— What the task asks —
Report each line from the data below that holds the word "fourth".

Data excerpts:
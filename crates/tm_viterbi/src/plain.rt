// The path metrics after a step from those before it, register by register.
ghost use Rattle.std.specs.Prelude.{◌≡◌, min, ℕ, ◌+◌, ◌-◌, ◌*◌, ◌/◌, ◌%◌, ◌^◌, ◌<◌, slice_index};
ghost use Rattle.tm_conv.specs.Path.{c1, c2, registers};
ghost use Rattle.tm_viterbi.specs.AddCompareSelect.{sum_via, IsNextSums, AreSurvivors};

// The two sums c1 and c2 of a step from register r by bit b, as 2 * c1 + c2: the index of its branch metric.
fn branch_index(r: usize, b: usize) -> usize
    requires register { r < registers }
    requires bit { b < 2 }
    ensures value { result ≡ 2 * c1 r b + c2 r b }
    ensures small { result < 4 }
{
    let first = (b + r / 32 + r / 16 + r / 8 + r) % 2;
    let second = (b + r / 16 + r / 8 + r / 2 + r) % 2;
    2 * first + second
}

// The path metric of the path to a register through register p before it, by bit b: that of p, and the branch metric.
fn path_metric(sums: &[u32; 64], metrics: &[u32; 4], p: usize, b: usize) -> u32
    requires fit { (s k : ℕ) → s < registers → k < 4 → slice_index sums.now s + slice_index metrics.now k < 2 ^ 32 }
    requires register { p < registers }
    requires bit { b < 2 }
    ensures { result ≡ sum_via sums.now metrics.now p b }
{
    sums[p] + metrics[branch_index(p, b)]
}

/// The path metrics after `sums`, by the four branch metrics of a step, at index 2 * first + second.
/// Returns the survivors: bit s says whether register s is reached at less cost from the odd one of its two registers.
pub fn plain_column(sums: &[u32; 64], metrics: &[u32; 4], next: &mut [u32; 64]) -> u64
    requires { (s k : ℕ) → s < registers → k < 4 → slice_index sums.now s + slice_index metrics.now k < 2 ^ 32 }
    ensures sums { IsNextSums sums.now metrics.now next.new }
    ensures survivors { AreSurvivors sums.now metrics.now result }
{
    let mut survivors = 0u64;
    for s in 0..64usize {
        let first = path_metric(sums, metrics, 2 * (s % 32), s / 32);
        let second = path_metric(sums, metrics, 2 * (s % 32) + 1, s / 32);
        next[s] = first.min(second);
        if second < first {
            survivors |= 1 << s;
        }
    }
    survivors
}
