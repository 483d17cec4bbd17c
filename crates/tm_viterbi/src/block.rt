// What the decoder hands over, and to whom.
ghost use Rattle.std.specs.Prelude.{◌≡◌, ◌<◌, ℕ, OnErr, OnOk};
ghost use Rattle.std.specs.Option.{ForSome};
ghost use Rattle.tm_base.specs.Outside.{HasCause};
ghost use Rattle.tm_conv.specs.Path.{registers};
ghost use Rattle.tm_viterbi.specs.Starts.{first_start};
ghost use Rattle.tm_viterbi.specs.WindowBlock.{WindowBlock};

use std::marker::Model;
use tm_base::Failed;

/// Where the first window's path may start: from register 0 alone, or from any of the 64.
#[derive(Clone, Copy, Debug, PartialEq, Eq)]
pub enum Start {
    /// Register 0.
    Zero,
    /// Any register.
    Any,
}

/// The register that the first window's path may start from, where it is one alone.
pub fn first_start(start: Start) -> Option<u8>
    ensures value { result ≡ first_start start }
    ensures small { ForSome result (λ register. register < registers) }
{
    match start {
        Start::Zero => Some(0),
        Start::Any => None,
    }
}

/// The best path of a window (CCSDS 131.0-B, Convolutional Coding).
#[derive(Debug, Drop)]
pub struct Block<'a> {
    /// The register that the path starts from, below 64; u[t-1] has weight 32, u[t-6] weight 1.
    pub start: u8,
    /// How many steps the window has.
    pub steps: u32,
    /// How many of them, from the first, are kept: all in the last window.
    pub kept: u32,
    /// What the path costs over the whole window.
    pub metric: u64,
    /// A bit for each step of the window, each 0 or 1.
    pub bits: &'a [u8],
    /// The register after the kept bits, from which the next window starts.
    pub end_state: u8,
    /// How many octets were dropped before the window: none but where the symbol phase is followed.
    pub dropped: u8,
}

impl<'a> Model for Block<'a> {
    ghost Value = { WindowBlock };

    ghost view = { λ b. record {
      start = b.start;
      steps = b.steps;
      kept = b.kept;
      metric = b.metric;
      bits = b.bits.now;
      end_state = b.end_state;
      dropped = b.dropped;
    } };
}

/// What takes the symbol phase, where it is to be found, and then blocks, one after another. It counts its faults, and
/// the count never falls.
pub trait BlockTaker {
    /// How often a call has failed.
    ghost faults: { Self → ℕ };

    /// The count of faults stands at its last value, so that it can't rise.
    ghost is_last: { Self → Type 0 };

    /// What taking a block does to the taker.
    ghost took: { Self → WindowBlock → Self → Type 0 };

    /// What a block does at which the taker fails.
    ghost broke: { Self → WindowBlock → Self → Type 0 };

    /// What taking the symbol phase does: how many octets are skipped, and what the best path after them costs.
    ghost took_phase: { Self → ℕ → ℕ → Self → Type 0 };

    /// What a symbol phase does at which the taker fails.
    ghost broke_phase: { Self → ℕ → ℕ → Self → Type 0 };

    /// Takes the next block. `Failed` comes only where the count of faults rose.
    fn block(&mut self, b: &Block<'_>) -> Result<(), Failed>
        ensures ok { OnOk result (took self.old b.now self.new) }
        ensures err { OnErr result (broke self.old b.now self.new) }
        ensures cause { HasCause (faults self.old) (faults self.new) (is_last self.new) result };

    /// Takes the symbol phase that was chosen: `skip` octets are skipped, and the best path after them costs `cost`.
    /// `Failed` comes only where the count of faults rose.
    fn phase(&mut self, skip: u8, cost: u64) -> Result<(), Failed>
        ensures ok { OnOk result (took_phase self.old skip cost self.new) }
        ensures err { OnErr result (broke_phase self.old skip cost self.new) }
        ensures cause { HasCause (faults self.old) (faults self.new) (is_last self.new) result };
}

* * *

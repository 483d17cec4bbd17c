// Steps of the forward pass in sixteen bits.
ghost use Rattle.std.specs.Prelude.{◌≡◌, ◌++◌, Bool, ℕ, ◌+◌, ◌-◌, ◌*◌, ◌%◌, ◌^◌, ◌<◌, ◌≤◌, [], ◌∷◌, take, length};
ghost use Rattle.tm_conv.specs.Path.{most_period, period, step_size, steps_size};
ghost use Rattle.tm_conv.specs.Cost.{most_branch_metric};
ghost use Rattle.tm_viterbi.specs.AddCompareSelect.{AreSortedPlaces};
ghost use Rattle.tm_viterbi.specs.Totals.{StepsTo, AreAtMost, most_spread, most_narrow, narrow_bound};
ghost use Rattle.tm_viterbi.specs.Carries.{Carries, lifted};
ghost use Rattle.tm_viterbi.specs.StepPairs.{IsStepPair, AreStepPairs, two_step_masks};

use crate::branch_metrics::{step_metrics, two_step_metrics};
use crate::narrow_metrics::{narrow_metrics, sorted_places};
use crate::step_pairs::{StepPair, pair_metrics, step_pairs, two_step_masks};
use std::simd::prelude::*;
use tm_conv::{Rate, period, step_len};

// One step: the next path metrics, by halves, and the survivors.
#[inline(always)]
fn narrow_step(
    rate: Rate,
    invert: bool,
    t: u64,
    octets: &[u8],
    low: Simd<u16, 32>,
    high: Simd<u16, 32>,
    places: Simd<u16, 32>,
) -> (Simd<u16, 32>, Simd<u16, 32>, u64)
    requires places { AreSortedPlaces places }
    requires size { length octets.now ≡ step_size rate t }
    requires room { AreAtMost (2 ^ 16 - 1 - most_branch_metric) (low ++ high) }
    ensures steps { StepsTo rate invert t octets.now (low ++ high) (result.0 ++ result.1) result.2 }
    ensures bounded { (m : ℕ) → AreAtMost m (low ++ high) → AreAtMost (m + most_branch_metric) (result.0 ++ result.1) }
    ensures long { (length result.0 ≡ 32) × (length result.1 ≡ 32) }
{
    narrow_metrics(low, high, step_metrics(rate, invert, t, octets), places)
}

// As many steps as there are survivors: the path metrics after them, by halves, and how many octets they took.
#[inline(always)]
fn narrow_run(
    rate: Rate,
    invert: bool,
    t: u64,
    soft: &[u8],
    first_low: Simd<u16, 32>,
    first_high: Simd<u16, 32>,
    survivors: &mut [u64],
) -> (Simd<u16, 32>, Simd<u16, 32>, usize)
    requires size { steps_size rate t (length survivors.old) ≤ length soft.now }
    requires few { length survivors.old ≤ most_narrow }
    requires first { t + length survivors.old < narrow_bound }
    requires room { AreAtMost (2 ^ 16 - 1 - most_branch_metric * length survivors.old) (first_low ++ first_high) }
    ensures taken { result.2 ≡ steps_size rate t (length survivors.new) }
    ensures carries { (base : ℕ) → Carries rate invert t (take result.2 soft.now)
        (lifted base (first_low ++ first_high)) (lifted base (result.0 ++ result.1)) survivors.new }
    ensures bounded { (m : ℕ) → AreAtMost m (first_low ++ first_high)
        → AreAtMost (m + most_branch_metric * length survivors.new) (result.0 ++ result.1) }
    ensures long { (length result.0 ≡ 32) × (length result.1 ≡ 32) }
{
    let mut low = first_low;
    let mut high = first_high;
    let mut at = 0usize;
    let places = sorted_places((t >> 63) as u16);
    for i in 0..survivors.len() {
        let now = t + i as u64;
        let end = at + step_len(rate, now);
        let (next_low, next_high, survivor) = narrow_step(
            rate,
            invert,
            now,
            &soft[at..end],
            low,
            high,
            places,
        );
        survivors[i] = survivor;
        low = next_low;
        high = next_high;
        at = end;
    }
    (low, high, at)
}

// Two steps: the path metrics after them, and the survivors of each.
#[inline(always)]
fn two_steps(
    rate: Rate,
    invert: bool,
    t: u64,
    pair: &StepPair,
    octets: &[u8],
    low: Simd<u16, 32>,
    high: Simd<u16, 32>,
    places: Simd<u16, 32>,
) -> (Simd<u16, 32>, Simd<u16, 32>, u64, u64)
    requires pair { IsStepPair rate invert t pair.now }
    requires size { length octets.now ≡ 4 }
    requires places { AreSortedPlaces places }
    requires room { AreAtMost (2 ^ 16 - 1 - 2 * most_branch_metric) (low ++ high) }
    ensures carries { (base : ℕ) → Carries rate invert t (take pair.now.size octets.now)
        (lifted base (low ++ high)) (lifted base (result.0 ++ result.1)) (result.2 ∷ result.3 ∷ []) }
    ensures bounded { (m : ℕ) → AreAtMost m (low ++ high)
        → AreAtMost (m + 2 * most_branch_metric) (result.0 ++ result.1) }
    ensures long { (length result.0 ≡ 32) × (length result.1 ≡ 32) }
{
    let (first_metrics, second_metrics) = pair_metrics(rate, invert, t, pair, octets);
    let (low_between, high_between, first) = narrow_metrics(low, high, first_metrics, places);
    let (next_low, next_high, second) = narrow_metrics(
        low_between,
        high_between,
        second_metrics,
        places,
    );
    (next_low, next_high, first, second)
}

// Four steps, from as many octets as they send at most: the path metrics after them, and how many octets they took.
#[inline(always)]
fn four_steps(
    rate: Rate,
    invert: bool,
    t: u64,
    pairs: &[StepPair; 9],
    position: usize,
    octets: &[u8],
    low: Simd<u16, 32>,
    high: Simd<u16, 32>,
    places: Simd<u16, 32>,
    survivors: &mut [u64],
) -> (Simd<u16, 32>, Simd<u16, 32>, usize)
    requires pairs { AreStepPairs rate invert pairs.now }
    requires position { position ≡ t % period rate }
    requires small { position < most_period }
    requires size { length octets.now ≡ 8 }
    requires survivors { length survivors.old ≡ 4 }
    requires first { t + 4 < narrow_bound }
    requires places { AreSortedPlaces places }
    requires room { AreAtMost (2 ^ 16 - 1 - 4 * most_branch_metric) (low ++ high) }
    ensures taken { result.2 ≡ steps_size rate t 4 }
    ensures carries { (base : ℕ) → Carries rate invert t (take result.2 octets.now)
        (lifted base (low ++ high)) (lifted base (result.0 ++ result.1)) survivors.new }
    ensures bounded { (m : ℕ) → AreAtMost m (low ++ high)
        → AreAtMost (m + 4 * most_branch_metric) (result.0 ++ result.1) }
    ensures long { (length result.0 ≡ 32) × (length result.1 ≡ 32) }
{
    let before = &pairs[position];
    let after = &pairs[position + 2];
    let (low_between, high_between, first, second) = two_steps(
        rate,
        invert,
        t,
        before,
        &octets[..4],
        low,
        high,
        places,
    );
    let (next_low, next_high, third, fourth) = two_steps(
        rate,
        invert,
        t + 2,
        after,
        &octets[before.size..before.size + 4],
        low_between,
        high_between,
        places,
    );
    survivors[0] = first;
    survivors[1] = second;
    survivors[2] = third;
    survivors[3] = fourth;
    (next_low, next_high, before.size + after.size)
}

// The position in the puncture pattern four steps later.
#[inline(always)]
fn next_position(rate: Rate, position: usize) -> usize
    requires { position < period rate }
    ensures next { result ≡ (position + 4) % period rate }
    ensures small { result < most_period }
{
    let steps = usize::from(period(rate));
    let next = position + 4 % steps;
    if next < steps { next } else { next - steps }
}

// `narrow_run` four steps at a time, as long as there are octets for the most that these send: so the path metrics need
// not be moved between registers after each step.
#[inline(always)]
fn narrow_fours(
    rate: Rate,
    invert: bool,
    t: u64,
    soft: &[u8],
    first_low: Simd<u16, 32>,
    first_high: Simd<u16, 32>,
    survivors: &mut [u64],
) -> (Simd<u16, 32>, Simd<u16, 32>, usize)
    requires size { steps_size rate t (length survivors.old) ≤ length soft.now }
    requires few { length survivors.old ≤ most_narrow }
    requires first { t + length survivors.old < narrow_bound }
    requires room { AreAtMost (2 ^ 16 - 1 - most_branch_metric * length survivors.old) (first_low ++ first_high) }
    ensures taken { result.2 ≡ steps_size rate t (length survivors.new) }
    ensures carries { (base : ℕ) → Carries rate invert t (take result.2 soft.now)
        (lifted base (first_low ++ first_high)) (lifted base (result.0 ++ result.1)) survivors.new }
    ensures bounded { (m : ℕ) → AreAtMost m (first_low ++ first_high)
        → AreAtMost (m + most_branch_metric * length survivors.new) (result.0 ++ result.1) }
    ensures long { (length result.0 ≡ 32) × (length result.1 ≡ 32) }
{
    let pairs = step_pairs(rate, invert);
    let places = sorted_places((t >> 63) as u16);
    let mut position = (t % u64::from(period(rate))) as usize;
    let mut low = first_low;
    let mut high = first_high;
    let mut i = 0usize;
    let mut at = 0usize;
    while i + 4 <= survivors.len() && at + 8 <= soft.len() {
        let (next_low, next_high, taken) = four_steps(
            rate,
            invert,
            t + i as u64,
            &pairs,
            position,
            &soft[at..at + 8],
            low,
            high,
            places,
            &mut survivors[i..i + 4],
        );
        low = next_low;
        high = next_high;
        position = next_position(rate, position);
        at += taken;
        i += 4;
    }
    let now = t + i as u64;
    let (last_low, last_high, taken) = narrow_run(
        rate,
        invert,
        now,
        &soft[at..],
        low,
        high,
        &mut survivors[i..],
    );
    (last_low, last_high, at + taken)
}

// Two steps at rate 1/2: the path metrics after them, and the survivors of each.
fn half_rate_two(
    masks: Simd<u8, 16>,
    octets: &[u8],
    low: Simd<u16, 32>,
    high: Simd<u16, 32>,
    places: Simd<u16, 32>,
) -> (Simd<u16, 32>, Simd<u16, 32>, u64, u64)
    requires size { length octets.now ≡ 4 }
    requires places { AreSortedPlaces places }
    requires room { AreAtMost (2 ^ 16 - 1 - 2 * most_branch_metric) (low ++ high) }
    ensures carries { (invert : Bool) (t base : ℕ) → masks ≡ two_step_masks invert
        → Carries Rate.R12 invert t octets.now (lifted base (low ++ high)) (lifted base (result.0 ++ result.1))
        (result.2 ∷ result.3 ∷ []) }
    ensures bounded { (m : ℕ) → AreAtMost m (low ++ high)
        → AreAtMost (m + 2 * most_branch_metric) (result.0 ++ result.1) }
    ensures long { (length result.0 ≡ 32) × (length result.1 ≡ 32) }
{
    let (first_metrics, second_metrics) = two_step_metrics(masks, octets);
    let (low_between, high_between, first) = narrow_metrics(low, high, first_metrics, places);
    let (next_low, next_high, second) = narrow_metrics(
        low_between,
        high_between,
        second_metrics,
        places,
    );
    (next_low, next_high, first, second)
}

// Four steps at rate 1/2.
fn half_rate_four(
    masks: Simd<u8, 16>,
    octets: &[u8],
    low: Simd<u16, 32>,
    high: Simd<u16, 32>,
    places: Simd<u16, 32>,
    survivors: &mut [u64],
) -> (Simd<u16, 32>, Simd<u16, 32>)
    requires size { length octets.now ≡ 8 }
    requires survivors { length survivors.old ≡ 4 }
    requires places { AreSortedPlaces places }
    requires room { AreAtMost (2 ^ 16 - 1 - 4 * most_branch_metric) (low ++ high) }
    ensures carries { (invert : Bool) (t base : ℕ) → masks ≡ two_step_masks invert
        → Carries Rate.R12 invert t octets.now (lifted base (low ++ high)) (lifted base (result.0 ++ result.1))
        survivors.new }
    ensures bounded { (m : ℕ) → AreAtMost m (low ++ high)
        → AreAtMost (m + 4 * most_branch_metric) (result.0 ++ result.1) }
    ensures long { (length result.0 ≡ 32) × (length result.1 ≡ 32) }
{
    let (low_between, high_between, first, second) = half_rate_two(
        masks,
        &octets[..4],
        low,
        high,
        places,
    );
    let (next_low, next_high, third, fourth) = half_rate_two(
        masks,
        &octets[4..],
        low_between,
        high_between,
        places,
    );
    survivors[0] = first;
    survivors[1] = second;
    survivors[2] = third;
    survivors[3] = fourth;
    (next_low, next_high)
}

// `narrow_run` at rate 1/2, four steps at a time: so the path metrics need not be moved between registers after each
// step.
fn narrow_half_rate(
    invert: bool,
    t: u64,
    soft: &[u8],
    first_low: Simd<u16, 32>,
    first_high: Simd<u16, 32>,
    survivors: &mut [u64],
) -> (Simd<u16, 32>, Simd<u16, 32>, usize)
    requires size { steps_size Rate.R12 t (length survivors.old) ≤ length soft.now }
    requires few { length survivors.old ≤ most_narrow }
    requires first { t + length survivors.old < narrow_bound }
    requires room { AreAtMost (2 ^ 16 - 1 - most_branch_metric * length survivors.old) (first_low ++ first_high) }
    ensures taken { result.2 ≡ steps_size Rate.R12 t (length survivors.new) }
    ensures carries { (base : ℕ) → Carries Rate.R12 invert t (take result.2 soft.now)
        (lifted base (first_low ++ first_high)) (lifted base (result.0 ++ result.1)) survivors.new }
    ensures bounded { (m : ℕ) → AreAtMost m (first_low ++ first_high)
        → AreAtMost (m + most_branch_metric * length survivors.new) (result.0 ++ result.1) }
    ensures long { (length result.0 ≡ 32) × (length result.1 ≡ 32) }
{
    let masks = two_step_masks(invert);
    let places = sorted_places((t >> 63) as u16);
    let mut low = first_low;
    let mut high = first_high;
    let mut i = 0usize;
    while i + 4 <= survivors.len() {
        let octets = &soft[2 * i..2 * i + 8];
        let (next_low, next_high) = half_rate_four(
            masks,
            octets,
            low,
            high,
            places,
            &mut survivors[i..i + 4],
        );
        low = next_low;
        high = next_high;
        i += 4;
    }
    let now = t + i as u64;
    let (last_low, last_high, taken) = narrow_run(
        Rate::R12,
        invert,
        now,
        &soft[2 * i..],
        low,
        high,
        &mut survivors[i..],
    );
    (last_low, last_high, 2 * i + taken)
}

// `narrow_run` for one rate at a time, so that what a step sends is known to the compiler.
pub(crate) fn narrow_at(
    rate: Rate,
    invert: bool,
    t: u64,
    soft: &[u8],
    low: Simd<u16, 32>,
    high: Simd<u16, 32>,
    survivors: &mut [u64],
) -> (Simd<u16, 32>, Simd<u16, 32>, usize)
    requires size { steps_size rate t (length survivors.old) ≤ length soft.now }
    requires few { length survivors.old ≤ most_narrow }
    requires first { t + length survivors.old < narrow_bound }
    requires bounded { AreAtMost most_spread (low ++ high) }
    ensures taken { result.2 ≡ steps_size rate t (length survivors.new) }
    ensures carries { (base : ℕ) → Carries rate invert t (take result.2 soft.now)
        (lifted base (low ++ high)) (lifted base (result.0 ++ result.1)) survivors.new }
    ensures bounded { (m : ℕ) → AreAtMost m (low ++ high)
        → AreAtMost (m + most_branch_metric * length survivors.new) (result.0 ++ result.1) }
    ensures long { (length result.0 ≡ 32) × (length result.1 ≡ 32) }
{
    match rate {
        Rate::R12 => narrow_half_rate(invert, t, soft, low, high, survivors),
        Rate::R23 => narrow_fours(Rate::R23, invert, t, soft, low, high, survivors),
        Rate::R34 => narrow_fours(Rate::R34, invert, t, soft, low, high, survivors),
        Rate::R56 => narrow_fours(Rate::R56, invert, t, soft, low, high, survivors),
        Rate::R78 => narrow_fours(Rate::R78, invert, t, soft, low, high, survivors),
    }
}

— Final answer —
    let (next_low, next_high, third, fourth) = two_steps(
    survivors[3] = fourth;
    let (next_low, next_high, third, fourth) = half_rate_two(
    survivors[3] = fourth;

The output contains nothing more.